Open amolnayak311 opened this issue 12 years ago • 6 comments

The PR is for adding the initial support for sending push notifications to mobile and hand held devices. This is the first of the many services to be supported from Spring Integration for pushing to mobile devices from java applications.

The umbrella JIRA for this is https://jira.springsource.org/browse/INTEXT-18

and the specific JIRA to support push to Android devices is https://jira.springsource.org/browse/INTEXT-19

amolnayak311 avatar Oct 01 '12 15:10 amolnayak311

Shouldn't we use Android API to do server push, rather than implementing our own infrastructure? (using gcm-server.jar)

com.google.android.gcm.server.Sender sender = new Sender(senderId);
List<String>registrationIds = new ArrayList<String>();
ids.add("12345");

Message msg = new Message.Builder()
.collapseKey("1")
.timeToLive(3)
.delayWhileIdle(true)
.addData("message","This is a notification 423424234")
.build();

sender.send(msg, ids, 1);

Shouldn't we have an inbound adapters to handle client "subscriptions"?

ghillert avatar Jan 23 '13 21:01 ghillert

The Idea is to have a common abstract service implementing the functionality like exponential retry for all implementations and delegate to the underlying service to do the actual push. Ideally we shall be having the common abstract class for all our implementations. The push part for android we have implemented is as per the specification given for GCM and there isn't much code in it. Implementing them using GCM Server should be fine as well I guess ( I had seen this when I had developed the service but intentionally decided not to use it for some reason, I am afraid I quite don't remember why I decided that :D )

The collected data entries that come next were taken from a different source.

// Writing records: a short open record, and a close.
#![tactic(auto)]

ghost use Rattle.std.specs.Prelude.{◌≡◌, ◌+◌, ◌≤◌, length};
ghost use Rattle.std.proofs.lemmas.List.Edits.{sets};
ghost use Rattle.record.specs.Record.{short_bytes, close_bytes};

// A short open record, 10 bytes.
pub fn write_short_open(out: &mut [u8], at: usize, depth: u16, value: i32)
    requires { at + 10 ≤ length out.old }
    ensures { out.new ≡ sets out.old at (short_bytes depth value) }
{
    number::write_u16(out, at, 10);
    number::write_u16(out, at + 2, 1);
    number::write_u16(out, at + 4, depth);
    number::write_i32(out, at + 6, value);
}

// A close, 6 bytes.
pub fn write_close(out: &mut [u8], at: usize, depth: u16)
    requires { at + 6 ≤ length out.old }
    ensures { out.new ≡ sets out.old at (close_bytes depth) }
{
    number::write_u16(out, at, 6);
    number::write_u16(out, at + 2, 2);
    number::write_u16(out, at + 4, depth);
}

For the client subscription, it is the responsibility of the handheld device to provide the application server with the registration id it received from GCM services. Now this can be send using plain TCP/IP , HTTP, use a web service etc, depending on what is the protocol between the application and its server side. To achieve either of these we can use the TCP , HTTP or WS inbound adapters and then use the JDBC or JPA adapters to store the registration id in database. That's why I think any inbound adapters for them won't make much sense and doesn't add much value. You have any other view or idea in mind?

amolnayak311 avatar Jan 24 '13 05:01 amolnayak311

Got rid of the interface and moved the constants to the implementation class. Rebased and pushed the changes

amolnayak311 avatar Jan 27 '13 13:01 amolnayak311

What's the status of this development? It seems to me a very useful functionality, but it's been a while since the last update in JIRA

cdelgadob avatar May 24 '13 15:05 cdelgadob

Hello cdelgadob, its being reviewed and should merged soon. Meanwhile if possible, we would live to have your view on it too. :)

amolnayak311 avatar May 25 '13 10:05 amolnayak311

Hi Amol, thanks for your answer, that's good news. I'm happy to help and review it, just tell me where to get it from and I'll come back to you.